Single by LL Cool J featuring The-Dream

from the album Exit 13
- Released: July 22, 2008
- Recorded: 2008
- Genre: Hip hop; R&B;
- Length: 4:07
- Label: Def Jam
- Songwriters: James Smith; Terius Nash; Christopher Stewart;
- Producer: Tricky Stewart

LL Cool J singles chronology
| "Cry" (2008) | "Baby" (2008) | "Feel My Heart Beat" (2008) |

The-Dream singles chronology
| "Please Excuse My Hands" (2008) | "Baby" (2008) | "Cookie Jar" (2008) |

= Baby (LL Cool J song) =

"Baby" is the third single from American rapper LL Cool J's twelfth album, Exit 13. It features R&B singer The-Dream, who co-wrote and produced the song alongside record producer Tricky Stewart.

==Music video==
The music video, directed by Benny Boom, premiered on FNMTV on July 11, 2008. In the video, they are at a party. LL spots a girl, played by Nicole Fiscella, and throughout the video, it shows him and the girl in a car and a store.

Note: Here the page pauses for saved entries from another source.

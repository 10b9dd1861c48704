//! Bodies of calls, and the first fault of each.

use b2_base::{Memory, Text};
use b2_types::{ApiVersion, Call, message_of};
use call_fields::read_call;
use rule_table::CallName;
use std::alloc::Global;
use std::test::Fail;

// The message of a bad call's fault; empty for a call.
fn message(alloc: Global, call: Call) -> Result<Text, Memory> {
    match call {
        Call::Bad(bad) => message_of(alloc, &bad.fault),
        _ => Text::copy(alloc, ""),
    }
}

fn told_under(
    alloc: Global,
    name: CallName,
    version: ApiVersion,
    body: &str,
) -> Result<Text, Memory> {
    let call = read_call(alloc, name, version, body.as_bytes())?;
    message(alloc, call)
}

/// The message of the fault of a body of this call; empty for a call.
pub(crate) fn told(alloc: Global, name: CallName, body: &str) -> Result<Text, Memory> {
    told_under(alloc, name, ApiVersion::V3, body)
}

#[test]
fn files(rt: HostRuntime) -> Result<(), Fail> {
    let alloc = rt.alloc();
    let rows: [(CallName, &str, &str); 16] = [
        (
            CallName::HideFile,
            "{\"bucketId\":\"000000000000000000000001\",\"fileName\":\"a.txt\"}",
            "",
        ),
        (CallName::HideFile, "[]", "body is not a JSON object"),
        (
            CallName::HideFile,
            "{\"a\":1e400}",
            "body is not a JSON object",
        ),
        (
            CallName::HideFile,
            "{\"fileName\":7}",
            "missing field: bucketId",
        ),
        (
            CallName::HideFile,
            "{\"bucketId\":null}",
            "missing field: bucketId",
        ),
        (
            CallName::HideFile,
            "{\"bucketId\":\"00000000000000000000000A\"}",
            "bad field: bucketId",
        ),
        (
            CallName::HideFile,
            "{\"bucketId\":\"000000000000000000000000\",\"fileName\":\"\"}",
            "bad field: fileName",
        ),
        (
            CallName::HideFile,
            "{\"bucketId\":\"000000000000000000000000\",\"fileName\":\"\\u007f\"}",
            "bad field: fileName",
        ),
        (
            CallName::GetFileInfo,
            "{\"fileId\":\"4_z00000001_f001fffffffffffff\",\"other\":1.5}",
            "",
        ),
        (
            CallName::GetFileInfo,
            "{\"fileId\":\"4_z00000001_f0020000000000000\"}",
            "bad field: fileId",
        ),
        (
            CallName::DeleteFileVersion,
            "{\"fileName\":\"a\",\"fileId\":\"4_z00000001_f0000000000000001\",\"bypassGovernance\":0}",
            "bad field: bypassGovernance",
        ),
        (
            CallName::GetDownloadAuthorization,
            "{\"bucketId\":\"000000000000000000000001\",\"fileNamePrefix\":\"\",\"validDurationInSeconds\":604800}",
            "",
        ),
        (
            CallName::GetDownloadAuthorization,
            "{\"bucketId\":\"000000000000000000000001\",\"fileNamePrefix\":\"\",\"validDurationInSeconds\":604801}",
            "bad field: validDurationInSeconds",
        ),
        (
            CallName::UpdateFileLegalHold,
            "{\"fileName\":\"a\",\"fileId\":\"4_z00000001_f0000000000000001\",\"legalHold\":\"On\"}",
            "bad field: legalHold",
        ),
        (
            CallName::UpdateFileRetention,
            "{\"fileName\":\"a\",\"fileId\":\"4_z00000001_f0000000000000001\",\"fileRetention\":{\"mode\":null,\"retainUntilTimestamp\":\"x\"}}",
            "",
        ),
        (
            CallName::UpdateFileRetention,
            "{\"fileName\":\"a\",\"fileId\":\"4_z00000001_f0000000000000001\",\"fileRetention\":{\"mode\":\"compliance\"}}",
            "bad field: fileRetention",
        ),
    ];
    for (name, body, fault) in rows {
        assert_eq!(rt; told(alloc, name, body)?.get(), fault);
    }
    Ok(())
}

The-Dream and LL Cool J stand back to back during The-Dream's verse.

==Responses and samples==
Rapper Chamillionaire released a skit entitled "Not Your Baby". His song "Answer Machine 3", on his Mixtape Messiah 4 album, sampled "Baby"'s instrumental.

==Charts==

===Weekly charts===

| Chart (2008) | Peak position |
|---|---|
| UK Singles (Official Charts) | 56 |
| US Billboard Hot 100 | 52 |
| US Pop 100 (Billboard) | 75 |
| US Hot R&B/Hip-Hop Songs (Billboard) | 22 |
| US Hot Rap Songs (Billboard) | 10 |
| US Rhythmic Airplay (Billboard) | 18 |

===Year-end charts===

| Chart (2008) | Position |
|---|---|
| US Hot R&B/Hip-Hop Songs (Billboard) | 92 |

==Release==
iTunes started a type of Countdown to Exit 13. The first release was Baby featuring The-Dream and the second release was the rock remix of "Baby" featuring Richie Sambora.

==Rock Remix==
The rock remix of "Baby" featuring Richie Sambora is the official remix of the song, and the remix is in the album as the 8th track.